A fuel cell is a device that directly converts chemical energy in the form of a fuel into electrical energy by way of an electrochemical reaction. In general, like a battery, a fuel cell includes a negative electrode or anode and a positive electrode or cathode separated by an electrolyte that serves to conduct electrically charged ions between them. In contrast to a battery, however, a fuel cell will continue to produce electric power as long as fuel and oxidant are supplied to the anode and cathode, respectively.

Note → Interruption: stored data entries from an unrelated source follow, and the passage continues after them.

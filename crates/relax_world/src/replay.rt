//! A schedule replayed on a racing table, and settled.

ghost use Rattle.std.specs.Prelude.{◌≡◌, ℕ, ◌<◌, ◌≤◌, List, [], ◌∷◌, length, replicate, sum, vec_len, IfOk};
ghost use Rattle.relax_system.specs.Sides.{distance, starts_of, IsExtremal};
ghost use Rattle.relax_table.specs.Ways.{IsQuietVector};
ghost use Rattle.relax_table.specs.Seats.{IsSeatOf};
ghost use Rattle.relax_world.specs.World.{IsSeatCount};
ghost use Rattle.relax_world.specs.Forms.Table.{AllSeated, EachMakesOwn, moves_of, IsFirstDone, IsPlayed};

use crate::world::{place_of, starts};
use book_files::Event;
use book_text::Memory;
use relax_system::{Side, System, Values};
use relax_table::{Direction, Down, SideSeat, SideTable, Steps, Up};
use std::alloc::Global;
use std::marker::Brand;
use std::sync::ledger::{Blank, Ledger};

/// What a schedule led to.
#[derive(Drop)]
pub struct Played {
    /// What seat 0 has seen once it is settled: a coordinate per point.
    pub values: Values,
    /// How many renewals of each seat changed a word: those of its events, and for seat 0 those of its settling, too.
    pub raises: Values,
}

/// Replays a schedule on a racing table of that side, with that many seats, and settles seat 0.
///
/// The events are made in order, on the calling thread: a load by `SideTable::load`, a renewal by `SideTable::renew`, each by its
/// seat on its point. An event of a seat or a point that isn't there does nothing. An event takes no memory, and time by the entries
/// of its point alone. A system without points has no values, and each of its seats no raise. Only want of memory is refused.
pub fn play(
    alloc: Global,
    system: &System,
    side: Side,
    seats: u32,
    events: &[Event],
) -> Result<Played, Memory>
    requires { IsSeatCount seats }
    ensures values { IfOk result (λ p. IsExtremal side system.now p.values) }
    ensures raises { IfOk result (λ p. length p.raises ≡ seats) }
    ensures bound { IfOk result (λ p. sum p.raises ≤ distance side (starts_of side system.now) p.values) }
{
    match side {
        Side::Floor => play_side::<Up>(alloc, system, seats, events),
        Side::Ceil => play_side::<Down>(alloc, system, seats, events),
    }
}

/// The same for the side of a table's direction.
fn play_side<D: Direction>(
    alloc: Global,
    system: &System,
    seats: u32,
    events: &[Event],
) -> Result<Played, Memory>
    requires { IsSeatCount seats }
    ensures { IfOk result (λ p. IsPlayed D.side system.now seats p.values p.raises) }
{
    if system.points() == 0 {
        return Ok(Played {
            values: Values::new(alloc),
            raises: zeros(alloc, seats)?,
        });
    }
    let start = starts(alloc, D::side(), system)?;
    let (table, first) = SideTable::<D>::over(alloc, system, &start)?;
    let mut crew = seats_of(alloc, &table, first, seats)?;
    run::<D, Brand>(&table, system.points(), &mut crew, events, Blank::new(1));
    answer(alloc, &table, crew)
}

/// So many zeros.
fn zeros(alloc: Global, count: u32) -> Result<Values, Memory>
    ensures { IfOk result (λ v. v ≡ replicate count 0) }
{
    let mut values = Values::new(alloc);
    for _ in 0..count {
        values.push(0)?;
    }
    Ok(values)
}

/// Seats of the table, of which one is given.
fn seats_of<D: Direction>(
    alloc: Global,
    table: &SideTable<'_, D>,
    mut first: SideSeat<D>,
    seats: u32,
) -> Result<Vec<SideSeat<D>>, Memory>
    requires own { IsSeatOf table.now first }
    requires some { 1 ≤ seats }
    ensures count { IfOk result (λ crew. vec_len crew ≡ seats) }
    ensures seated { IfOk result (λ crew. AllSeated table.now crew.items) }
{
    let mut crew = Vec::with_capacity(alloc, seats as usize)?;
    for _ in 1..seats {
        crew.push(table.split_side(&mut first)?)?;
    }
    crew.push(first)?;
    Ok(crew)
}

/// Makes the steps of the events in order, and settles the first seat. The steps aren't counted.
fn run<D: Direction, L: Ledger>(
    table: &SideTable<'_, D>,
    points: usize,
    crew: &mut [SideSeat<D>],
    events: &[Event],
    blank: Blank,
)
    requires points { points ≡ length table.now.system }
    requires seated { AllSeated table.now crew.old }
    requires some { 0 < length crew.old }
    requires name { blank.name ≡ L.name }
    requires parts { blank.parts ≡ L.parts }
    requires any { 0 < L.parts }
    ensures count { length crew.new ≡ length crew.old }
    ensures seated { AllSeated table.now crew.new }
    ensures done { IsFirstDone D.side table.now crew.new }
{
    let mut steps = Steps::<L>::new(blank);
    make_steps(table, points, crew, events, &mut steps);
    table.settle_all(&mut crew[0], &mut steps);
}

/// Makes the steps of the events, in order.
fn make_steps<D: Direction, L: Ledger>(
    table: &SideTable<'_, D>,
    points: usize,
    crew: &mut [SideSeat<D>],
    events: &[Event],
    steps: &mut Steps<L>,
)
    requires points { points ≡ length table.now.system }
    requires seated { AllSeated table.now crew.old }
    ensures count { length crew.new ≡ length crew.old }
    ensures seated { AllSeated table.now crew.new }
    ensures own { EachMakesOwn points events.now crew.old crew.new }
{
    for event in events {
        make_step(table, points, crew, *event, steps);
    }
}

/// Makes the step of an event, where its seat and its point are there.
fn make_step<D: Direction, L: Ledger>(
    table: &SideTable<'_, D>,
    points: usize,
    crew: &mut [SideSeat<D>],
    event: Event,
    steps: &mut Steps<L>,
)
    requires points { points ≡ length table.now.system }
    requires seated { AllSeated table.now crew.old }
    ensures count { length crew.new ≡ length crew.old }
    ensures seated { AllSeated table.now crew.new }
    ensures own { EachMakesOwn points (event ∷ []) crew.old crew.new }
{
    let (seat, point) = place_of(event);
    if seat < crew.len() && point < points {
        let seat = &mut crew[seat];
        match event {
            Event::Load { .. } => {
                table.load(seat, point, steps);
            }
            Event::Renew { .. } => {
                table.renew(seat, point, steps);
            }
        }
    }
}

/// What the first seat has seen, and the raises of each.
fn answer<D: Direction>(
    alloc: Global,
    table: &SideTable<'_, D>,
    crew: Vec<SideSeat<D>>,
) -> Result<Played, Memory>
    requires seated { AllSeated table.now crew.items }
    requires some { 0 < vec_len crew }
    requires done { IsFirstDone D.side table.now crew.items }
    requires start { table.now.start ≡ starts_of D.side table.now.system }
    ensures { IfOk result (λ p. IsPlayed D.side table.now.system (vec_len crew) p.values p.raises) }
{
    let values = copy_of(alloc, crew[0].values())?;
    let raises = raises_of(alloc, &crew)?;
    all_moves(table, crew);
    Ok(Played { values, raises })
}

/// The same numbers once more.
fn copy_of(alloc: Global, numbers: &[u64]) -> Result<Values, Memory>
    ensures { IfOk result (λ v. v ≡ numbers.now) }
{
    let mut values = Values::new(alloc);
    for number in numbers {
        values.push(*number)?;
    }
    Ok(values)
}

/// How many words each seat has moved.
fn raises_of<D: Direction>(alloc: Global, crew: &[SideSeat<D>]) -> Result<Values, Memory>
    ensures { IfOk result (λ v. v ≡ moves_of crew.now) }
{
    let mut raises = Values::new(alloc);
    for seat in crew {
        raises.push(seat.moves())?;
    }
    Ok(raises)
}

/// How many words all seats have moved, by one seat that they are joined to: at most what any quiet vector went from the start.
fn all_moves<D: Direction>(table: &SideTable<'_, D>, mut crew: Vec<SideSeat<D>>) -> u64
    requires { AllSeated table.now crew.items }
    ensures total { result ≡ sum (moves_of crew.items) }
    ensures bound { (u : List ℕ) → IsQuietVector D.side table.now.system u → result ≤ distance D.side table.now.start u }
{
    let Some(mut joined) = crew.pop() else {
        return 0;
    };
    while let Some(seat) = crew.pop() {
        joined = table.join_sides(joined, seat);
    }
    joined.moves()
}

In order to produce a useful amount of power, individual fuel cells are typically arranged in stacked relationship in series with an electrically conductive separator plate between each cell. A fuel cell stack may be categorized as an internally manifolded stack or an externally manifolded stack. In an internally manifolded stack, gas passages for delivering fuel and oxidant are built into the fuel cell plates themselves. In an externally manifolded stack, the fuel cell plates are left open on their ends and gas is delivered by way of manifolds or pans sealed to the respective faces of the fuel cell stack. The manifolds provide sealed passages for delivering fuel and oxidant gases to the fuel cells and preventing those gases from leaking either to the environment or to the other manifolds. In some fuel cell stack arrangements, the stack is placed in an enclosure and the enclosure environment represents one of the process gases. In such a system, at least three manifolds are required to provide inlet and outlet gas passages for the stack, each of which must be sealed to the stack. In any case, the manifolds must perform the above functions under the conditions required for operation of the fuel cell stack and for the duration of its life.

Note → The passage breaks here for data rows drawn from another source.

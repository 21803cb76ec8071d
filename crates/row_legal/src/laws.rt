//! Laws of the definitions: what holds of all segments, cells and places. Each is the contract of a function that does nothing.

ghost use Rattle.std.specs.Prelude.{List};
ghost use Rattle.book_design.specs.Values.{DesignValue};
ghost use Rattle.book_design.specs.WellFormed.{IsDesign};
ghost use Rattle.row_space.specs.Values.{SegmentsValue};
ghost use Rattle.row_space.specs.Runs.{segments_of};
ghost use Rattle.row_legal.specs.declared.parts.Place.{Place};
ghost use Rattle.row_legal.specs.Cells.{CellsValue};
ghost use Rattle.row_legal.specs.Ranges.{AreGoodCells};
ghost use Rattle.row_legal.specs.Places.{IsLegalised};
ghost use Rattle.row_legal.specs.Apart.{AreApart};
ghost use Rattle.row_legal.specs.Legal.{IsLegal};
ghost use Rattle.row_legal.specs.Spots.{AreSitesOf, spots_of};
ghost use Rattle.row_legal.specs.OneAnswer.{HasAnswer, HasOneAnswerAtMost};

use row_space::clear_segments;

/// The places of the greedy rule lie in their segments, from their first sites on, and no two have a site in common.
pub fn places_apart()
    ensures apart { (rows : SegmentsValue) (cells : CellsValue) (places : List Place) → IsLegalised rows cells places → AreApart rows cells places }
{}

/// Places that lie apart in the segments of a design are legal.
pub fn places_legal()
    ensures legal { (design : DesignValue) (cells : CellsValue) (places : List Place) → IsDesign design → AreSitesOf design cells.sites
        → AreApart (segments_of design) cells places → IsLegal design (spots_of (segments_of design) places) }
{
    clear_segments();
}

/// The greedy rule has one answer at most, places of all cells or a cell without room, and never both. Where the cells are good it
/// has one: without segments, a cell of no site would have neither.
pub fn one_answer()
    ensures one { (rows : SegmentsValue) (cells : CellsValue) → HasOneAnswerAtMost rows cells }
    ensures there { (rows : SegmentsValue) (cells : CellsValue) → AreGoodCells cells → HasAnswer rows cells }
{}
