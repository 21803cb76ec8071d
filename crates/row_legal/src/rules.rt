//! The numbers of the rule.

/// At most so many cells.
pub const MOST_CELLS: u64 = 1_048_576;

/// A cell takes at most so many sites.
pub const MOST_CELL_SITES: u64 = 1_000_000_000_000;

/// A wish lies at most so far from 0 on each axis, in Bookshelf millionths.
pub const MOST_WISH: i64 = 2_000_000_000_000;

An important aspect of the performance of an externally manifolded fuel cell stack is the flow distribution of process gases, i.e. fuel and oxidant process gases, among multiple fuel cells so that the process gases are evenly distributed to each of the fuel cells in the stack. In particular, it is desired that in a stack of fuel cells, all of the fuel cells in the stack get about the same amount of gas flow therethrough for the electrochemical reaction and for the purpose of cooling the cells uniformly or in predetermined regions. In conventional externally manifold fuel cell assemblies, fuel cells that are disposed closest to the anode exhaust pipe receive more fuel gas flow than fuel cells disposed further away from the exhaust pipe. As a result, the fuel cells with less gas flow therethrough are subjected to greater overheating while fuel cells with more gas flow produce more electrochemical reactions and thus, more power. This uneven gas distribution leads to a decreased fuel cell stack lifespan.
Therefore, there is a need for an externally manifolded fuel cell stack for a greater control of the flow distribution of the gases to the fuel cells in the stack to more uniformly distribute the gas flow to all of the fuel cells in the stack. However, controlling of the fuel gas supply to individual fuel cells within the stack requires a complex piping and fuel delivery assembly. In addition, there is a need for controlling the distribution of fuel so as to provide cooling to the anode inlet area of the stack.

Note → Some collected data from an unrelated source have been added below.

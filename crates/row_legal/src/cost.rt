//! What a cell costs in a segment.

ghost use Rattle.std.specs.Prelude.{◌≡◌, ◌≤◌, ◌^◌, ◌*◌, pos, ◌≤ℤ◌};
ghost use Rattle.row_space.specs.Ends.{IsGoodSegment};
ghost use Rattle.row_legal.specs.Forms.Turns.{IsGoodTurn};
ghost use Rattle.row_legal.specs.Cost.{cost_of, last_left};

use crate::turns::Turn;
use row_space::Segment;

/// How far a cell's wish is from the row's y, plus how far it is from where its left edge may stand in a segment.
pub(crate) fn cost(segment: &Segment, pitch: i64, turn: &Turn) -> u64
    requires segment { IsGoodSegment pitch segment.now }
    requires turn { IsGoodTurn turn.now }
    requires long { turn.now.sites.0 ≤ segment.now.sites }
    ensures cost { result ≡ cost_of pitch segment.now turn.now.sites.0 turn.now.x turn.now.y }
    ensures small { result ≤ 8 * 10 ^ 12 }
{
    let last = last_left(segment, pitch, turn.sites.0);
    turn.y.abs_diff(segment.y) + turn.x.abs_diff(turn.x.clamp(segment.x, last))
}

/// Where a cell of so many sites stands at the right end of a segment.
fn last_left(segment: &Segment, pitch: i64, sites: u64) -> i64
    requires segment { IsGoodSegment pitch segment.now }
    requires long { sites ≤ segment.now.sites }
    ensures last { result ≡ last_left pitch segment.now sites }
    ensures from { segment.now.x ≤ℤ result }
    ensures up_to { result ≤ℤ pos (10 ^ 12) }
{
    let free = u64::from(segment.sites) - sites;
    segment.x + free as i64 * pitch
}
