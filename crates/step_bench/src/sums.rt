//! What is told of each thing that a step made.

use crate::levels::Systems;
use crate::made::{Made, Told};
use crate::texts::Texts;
use area_cut::Regions;
use book_design::Design;
use book_files::{Event, Events, NetFile, NodeFile, PlaceFile, RowFile, WeightFile};
use net_model::Network;
use relax_system::System;
use relax_table::FloorSeat;
use relax_world::Played;
use row_legal::Sites;
use row_space::Segments;
use wire_report::Corner;

impl Made for Texts {
    fn told(&self) -> Told {
        let wts = match &self.wts {
            Some(text) => text.len(),
            None => 0,
        };
        let lengths = [
            self.nodes.len(),
            self.nets.len(),
            wts,
            self.pl.len(),
            self.scl.len(),
        ];
        let mut told = Told::new(5);
        for length in lengths {
            told.add(length as u64);
        }
        told
    }
}

impl Made for NodeFile<'_> {
    fn told(&self) -> Told {
        let mut told = Told::new(self.as_slice().len());
        for node in self.as_slice() {
            told.add_size(node.width.0);
            told.add_size(node.height.0);
            told.add(u64::from(node.fixed));
        }
        told
    }
}

impl Made for Events {
    fn told(&self) -> Told {
        let mut told = Told::new(self.as_slice().len());
        for event in self.as_slice() {
            let (kind, seat, point) = match event {
                Event::Load { seat, point } => (0, *seat, *point),
                Event::Renew { seat, point } => (1, *seat, *point),
            };
            told.add(kind);
            told.add(u64::from(seat));
            told.add(u64::from(point));
        }
        told
    }
}

impl Made for Played {
    fn told(&self) -> Told {
        let mut told = Told::new(self.values.as_slice().len());
        for value in self.values.as_slice() {
            told.add(*value);
        }
        told
    }
}

impl Made for NetFile<'_> {
    fn told(&self) -> Told {
        let mut told = Told::new(self.as_slice().len());
        for net in self.as_slice() {
            for pin in net.pins.as_slice() {
                told.add_size(pin.dx.0);
                told.add_size(pin.dy.0);
            }
        }
        told
    }
}

impl Made for WeightFile<'_> {
    fn told(&self) -> Told {
        let mut told = Told::new(self.as_slice().len());
        for line in self.as_slice() {
            told.add_size(line.weight.0);
        }
        told
    }
}

impl Made for PlaceFile<'_> {
    fn told(&self) -> Told {
        let mut told = Told::new(self.as_slice().len());
        for place in self.as_slice() {
            told.add_size(place.x.0);
            told.add_size(place.y.0);
            told.add(u64::from(place.fixed));
        }
        told
    }
}

impl Made for RowFile {
    fn told(&self) -> Told {
        let mut told = Told::new(self.as_slice().len());
        for row in self.as_slice() {
            told.add_size(row.y.0);
            for subrow in row.subrows.as_slice() {
                told.add_size(subrow.x.0);
                told.add(subrow.sites);
            }
        }
        told
    }
}

impl Made for Design<'_> {
    fn told(&self) -> Told {
        let mut told = Told::new(self.points());
        for node in self.nodes() {
            told.add_size(node.x);
            told.add_size(node.y);
        }
        for net in self.nets() {
            told.add(u64::from(net.weight));
            for pin in net.pins.as_slice() {
                told.add(u64::from(pin.node));
            }
        }
        told
    }
}

impl Made for Network {
    fn told(&self) -> Told {
        let mut told = Told::new(self.points());
        for p in 0..self.points() {
            for near in self.near(p as u32) {
                told.add(u64::from(near.point));
                told.add(near.weight);
            }
            for pin in self.pins(p as u32) {
                told.add(pin.weight);
            }
        }
        told
    }
}

impl Made for Regions {
    fn told(&self) -> Told {
        let mut told = Told::new(self.as_slice().len());
        for region in self.as_slice() {
            for end in [region.xlo, region.xhi, region.ylo, region.yhi] {
                told.add(end);
            }
            for point in region.points.as_slice() {
                told.add(u64::from(*point));
            }
        }
        told
    }
}

impl Made for Systems {
    fn told(&self) -> Told {
        let mut told = Told::new(self.x.points());
        add_system(&mut told, &self.x);
        add_system(&mut told, &self.y);
        told
    }
}

fn add_system(told: &mut Told, system: &System) {
    for p in 0..system.points() {
        let point = system.point(p);
        told.add(point.near.as_slice().len() as u64);
        told.add(point.anchor);
        told.add((point.anchored % (1 << 64)) as u64);
    }
}

/// How many raises there were, and the entries.
impl Made for FloorSeat {
    fn told(&self) -> Told {
        let mut told = Told {
            count: self.raises(),
            sum: 0,
        };
        for entry in self.seen() {
            told.add(*entry);
        }
        told
    }
}

impl Made for Segments {
    fn told(&self) -> Told {
        let mut told = Told::new(self.as_slice().len());
        for segment in self.as_slice() {
            told.add_size(segment.x);
            told.add_size(segment.y);
            told.add(u64::from(segment.sites));
        }
        told
    }
}

impl Made for Sites {
    fn told(&self) -> Told {
        let mut told = Told::new(self.as_slice().len());
        for place in self.as_slice() {
            told.add(place.segment as u64);
            told.add(u64::from(place.site));
        }
        told
    }
}

impl Made for Vec<Corner> {
    fn told(&self) -> Told {
        let mut told = Told::new(self.len());
        for corner in self {
            told.add_size(corner.x);
            told.add_size(corner.y);
        }
        told
    }
}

It is, therefore, an object of the present invention to provide a manifold assembly that is capable of controlling the gas flow distribution through the fuel cells in the stack.
It is a further object of the invention to provide a manifold assembly which has a simple construction and may be adjusted for a desired flow distribution profile.
At a system level, the fuel cell system may include multiple fuel cell stacks that operate from a single fuel source provided by a fuel intake assembly and/or a single oxidant source provided by an oxidant gas intake assembly and/or exhaust spent gas into a single exhaust assembly. In such a multiple fuel cell stack system, each stack requires a predetermined amount of fuel and/or a predetermined percentage of the fuel in air. As flow control valves are costly and fragile in the hot, corrosive environments that surround the fuel cell stacks, it is desirable to have a flow control assembly that does not depend on such costly, fragile valves.
It is, therefore, a further object of the invention to provide a baffling assembly that has a simple construction and is capable of controlling gas distribution to fuel cell stacks in a multiple fuel cell stack system.